The result should be the line with "pub fn limits()" followed by every remaining line of the entries, each reproduced exactly, with nothing else.

Extracted records:
___

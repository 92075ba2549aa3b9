// The limits that the widths of schedules, rows and tables come from (manual, sections 2.4 and 5.1). specs/Limits.antt has the same names for definitions and
// laws.
#![tactic(auto)]

ghost use Rattle.std.specs.Prelude.{◌≡◌};
ghost use Rattle.capacity.specs.Limits.{max_inputs, max_steps, max_rows};

pub const MAX_INPUTS: usize = 8;

pub const MAX_STEPS: usize = 40;

pub const MAX_ROWS: usize = MAX_INPUTS + MAX_STEPS;

// The constants are the limits that definitions and laws go by. It has no code: its contract says so.
pub fn limits()
    ensures inputs { MAX_INPUTS ≡ max_inputs }
    ensures steps { MAX_STEPS ≡ max_steps }
    ensures rows { MAX_ROWS ≡ max_rows }
{}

___

> [ANSWER TO THE EXERCISE]:
pub fn limits()
    ensures inputs { MAX_INPUTS ≡ max_inputs }
    ensures steps { MAX_STEPS ≡ max_steps }
    ensures rows { MAX_ROWS ≡ max_rows }
{}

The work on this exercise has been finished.